● **Exercise**
Transcription of the full listing is required, character for character.

● **Task inputs**
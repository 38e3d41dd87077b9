// The number, slot, spot and layer of each refusal, and how it is printed.
ghost use Rattle.std.specs.Prelude.{◌≡◌, Some};
ghost use Rattle.refusal.specs.Refusals.{answer_of, answer_of_sheet, printed};
ghost use Rattle.refusal.specs.declared.refusals.Refusal.TheVariants.{Sheet};

use crate::refusals::{Layer, Refusal, SheetRefusal};
use std::error::Error;
use std::fmt;

impl SheetRefusal {
    // The question that got a no.
    fn number(&self) -> u32
        ensures { result ≡ (answer_of_sheet self.now).number }
    {
        match self {
            SheetRefusal::Short { .. } => 1,
            SheetRefusal::Size { .. } => 2,
            SheetRefusal::Kind { .. } => 3,
            SheetRefusal::Length { .. } => 4,
            SheetRefusal::Weight { .. } => 5,
            SheetRefusal::Field { .. } => 6,
        }
    }

    // Where it is wrong.
    fn spot(&self) -> u32
        ensures { result ≡ (answer_of_sheet self.now).spot }
    {
        match *self {
            SheetRefusal::Short { length } => length,
            SheetRefusal::Length { smaller } => smaller,
            SheetRefusal::Size { offset }
            | SheetRefusal::Kind { offset }
            | SheetRefusal::Weight { offset }
            | SheetRefusal::Field { offset } => offset,
        }
    }
}

impl Refusal {
    pub fn number(&self) -> u32
        ensures { result ≡ (answer_of self.now).number }
    {
        match self {
            Refusal::Sheet(refusal) => refusal.number(),
        }
    }

    // The part of the clause that is untrue or unfit, from 1; 0 where no part is meant.
    pub fn slot(&self) -> u32
        ensures { result ≡ (answer_of self.now).slot }
    {
        match self {
            Refusal::Sheet(_) => 0,
        }
    }

    pub fn spot(&self) -> u32
        ensures { result ≡ (answer_of self.now).spot }
    {
        match self {
            Refusal::Sheet(refusal) => refusal.spot(),
        }
    }

    pub fn layer(&self) -> Layer
        ensures { result ≡ (answer_of self.now).layer }
    {
        match self {
            Refusal::Sheet(_) => Layer::Sheet,
        }
    }
}

impl From<SheetRefusal> for Refusal {
    ghost from_gives = { λ refusal answer. answer ≡ Sheet refusal };

    fn from(error: SheetRefusal) -> Refusal {
        Refusal::Sheet(error)
    }
}

impl fmt::Display for Refusal {
    ghost output = { λ x. Some (printed (answer_of x)) };

    fn fmt<W: fmt::Write>(&self, f: &mut fmt::Formatter<W>) -> fmt::Result {
        let number = self.number();
        let slot = self.slot();
        let spot = self.spot();
        write!(f, "no {number} {slot} {spot}")
    }
}

impl Error for Refusal {}
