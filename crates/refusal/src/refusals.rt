// The layer that found what is wrong.
#[derive(Clone, Copy, Debug, PartialEq, Eq)]
pub enum Layer {
    Sheet,
    Opening,
    Run,
    // tape and filing
    Tape,
}

// What is wrong with the bytes of a sheet. An offset is that of the wrong field.
#[derive(Clone, Copy, Debug, PartialEq, Eq)]
pub enum SheetRefusal {
    // there are fewer than 4 bytes
    Short { length: u32 },
    // the number of places or of moves is out of range
    Size { offset: u32 },
    // the kind of a certificate is out of range
    Kind { offset: u32 },
    // there are more or fewer bytes than the sheet's sizes ask for: the smaller of both lengths
    Length { smaller: u32 },
    // a take or a give is too large
    Weight { offset: u32 },
    // a ceiling or a number of a certificate is out of range for its kind
    Field { offset: u32 },
}

#[derive(Clone, Copy, Debug, PartialEq, Eq)]
pub enum Refusal {
    Sheet(SheetRefusal),
}
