// What can be refused, by the layer that finds it. Each refusal has a number, a slot and a spot.
#![tactic(auto)]

mod answers;
mod refusals;

pub use refusals::{Layer, Refusal, SheetRefusal};
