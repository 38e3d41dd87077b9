ghost use Rattle.std.specs.Prelude.{◌≡◌, ◌<◌, length, MatchOption, slice_index};
ghost use Rattle.net.specs.Answers.{AnswersAt};
ghost use Rattle.net.specs.Marking.{marking};

use super::Counts;
use crate::plan::MOST_PLACES;

impl Counts {
    // The counts of as many places as there are numbers; none where there are more than 16.
    pub fn new(numbers: &[u32]) -> Option<Counts>
        ensures { MatchOption result (16 < length numbers.now) (λ c. marking c ≡ numbers.now) }
    {
        if numbers.len() > MOST_PLACES as usize {
            return None;
        }
        let mut held = [0u32; 16];
        for (p, &number) in numbers.iter().enumerate() {
            held[p] = number;
        }
        Some(Counts {
            held,
            len: numbers.len() as u32,
        })
    }

    // The counts, one for each place.
    pub fn numbers(&self) -> &[u32]
        ensures { result.now ≡ marking self.now }
    {
        &self.held[..self.len as usize]
    }

    pub fn places(&self) -> u32
        ensures { result ≡ length (marking self.now) }
    {
        self.len
    }

    // The count at a place, absent where there is no such place.
    pub fn count(&self, p: u32) -> Option<u32>
        ensures { AnswersAt (marking self.now) p result }
    {
        self.numbers().get(p as usize).copied()
    }

    // The count at a place, where a place that is not there holds 0.
    pub fn held(&self, p: u32) -> u32
        ensures { result ≡ slice_index (marking self.now) p }
    {
        self.count(p).unwrap_or(0)
    }
}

● **Exercise response**
repository 38e3d41dd87077b9
// The number, slot, spot and layer of each refusal, and how it is printed.
ghost use Rattle.std.specs.Prelude.{◌≡◌, Some};
ghost use Rattle.refusal.specs.Refusals.{answer_of, answer_of_sheet, printed};
ghost use Rattle.refusal.specs.declared.refusals.Refusal.TheVariants.{Sheet};

use crate::refusals::{Layer, Refusal, SheetRefusal};
use std::error::Error;
use std::fmt;

impl SheetRefusal {
    // The question that got a no.
    fn number(&self) -> u32
        ensures { result ≡ (answer_of_sheet self.now).number }
    {
        match self {
            SheetRefusal::Short { .. } => 1,
            SheetRefusal::Size { .. } => 2,
            SheetRefusal::Kind { .. } => 3,
            SheetRefusal::Length { .. } => 4,
            SheetRefusal::Weight { .. } => 5,
            SheetRefusal::Field { .. } => 6,
        }
    }

    // Where it is wrong.
    fn spot(&self) -> u32
        ensures { result ≡ (answer_of_sheet self.now).spot }
    {
        match *self {
            SheetRefusal::Short { length } => length,
            SheetRefusal::Length { smaller } => smaller,
            SheetRefusal::Size { offset }
            | SheetRefusal::Kind { offset }
            | SheetRefusal::Weight { offset }
            | SheetRefusal::Field { offset } => offset,
        }
    }
}

impl Refusal {
    pub fn number(&self) -> u32
        ensures { result ≡ (answer_of self.now).number }
    {
        match self {
            Refusal::Sheet(refusal) => refusal.number(),
        }
    }

    // The part of the clause that is untrue or unfit, from 1; 0 where no part is meant.
    pub fn slot(&self) -> u32
        ensures { result ≡ (answer_of self.now).slot }
    {
        match self {
            Refusal::Sheet(_) => 0,
        }
    }

    pub fn spot(&self) -> u32
        ensures { result ≡ (answer_of self.now).spot }
    {
        match self {
            Refusal::Sheet(refusal) => refusal.spot(),
        }
    }

    pub fn layer(&self) -> Layer
        ensures { result ≡ (answer_of self.now).layer }
    {
        match self {
            Refusal::Sheet(_) => Layer::Sheet,
        }
    }
}

impl From<SheetRefusal> for Refusal {
    ghost from_gives = { λ refusal answer. answer ≡ Sheet refusal };

    fn from(error: SheetRefusal) -> Refusal {
        Refusal::Sheet(error)
    }
}

impl fmt::Display for Refusal {
    ghost output = { λ x. Some (printed (answer_of x)) };

    fn fmt<W: fmt::Write>(&self, f: &mut fmt::Formatter<W>) -> fmt::Result {
        let number = self.number();
        let slot = self.slot();
        let spot = self.spot();
        write!(f, "no {number} {slot} {spot}")
    }
}

impl Error for Refusal {}
filename crates/refusal/src/refusals.rt
// The layer that found what is wrong.
#[derive(Clone, Copy, Debug, PartialEq, Eq)]
pub enum Layer {
    Sheet,
    Opening,
    Run,
    // tape and filing
    Tape,
}

// What is wrong with the bytes of a sheet. An offset is that of the wrong field.
#[derive(Clone, Copy, Debug, PartialEq, Eq)]
pub enum SheetRefusal {
    // there are fewer than 4 bytes
    Short { length: u32 },
    // the number of places or of moves is out of range
    Size { offset: u32 },
    // the kind of a certificate is out of range
    Kind { offset: u32 },
    // there are more or fewer bytes than the sheet's sizes ask for: the smaller of both lengths
    Length { smaller: u32 },
    // a take or a give is too large
    Weight { offset: u32 },
    // a ceiling or a number of a certificate is out of range for its kind
    Field { offset: u32 },
}

#[derive(Clone, Copy, Debug, PartialEq, Eq)]
pub enum Refusal {
    Sheet(SheetRefusal),
}
// What can be refused, by the layer that finds it. Each refusal has a number, a slot and a spot.
#![tactic(auto)]

mod answers;
mod refusals;

pub use refusals::{Layer, Refusal, SheetRefusal};
repository 38e3d41dd87077b9
ghost use Rattle.std.specs.Prelude.{◌≡◌, ◌<◌, length, MatchOption, slice_index};
ghost use Rattle.net.specs.Answers.{AnswersAt};
ghost use Rattle.net.specs.Marking.{marking};

use super::Counts;
use crate::plan::MOST_PLACES;

impl Counts {
    // The counts of as many places as there are numbers; none where there are more than 16.
    pub fn new(numbers: &[u32]) -> Option<Counts>
        ensures { MatchOption result (16 < length numbers.now) (λ c. marking c ≡ numbers.now) }
    {
        if numbers.len() > MOST_PLACES as usize {
            return None;
        }
        let mut held = [0u32; 16];
        for (p, &number) in numbers.iter().enumerate() {
            held[p] = number;
        }
        Some(Counts {
            held,
            len: numbers.len() as u32,
        })
    }

    // The counts, one for each place.
    pub fn numbers(&self) -> &[u32]
        ensures { result.now ≡ marking self.now }
    {
        &self.held[..self.len as usize]
    }

    pub fn places(&self) -> u32
        ensures { result ≡ length (marking self.now) }
    {
        self.len
    }

    // The count at a place, absent where there is no such place.
    pub fn count(&self, p: u32) -> Option<u32>
        ensures { AnswersAt (marking self.now) p result }
    {
        self.numbers().get(p as usize).copied()
    }

    // The count at a place, where a place that is not there holds 0.
    pub fn held(&self, p: u32) -> u32
        ensures { result ≡ slice_index (marking self.now) p }
    {
        self.count(p).unwrap_or(0)
    }
}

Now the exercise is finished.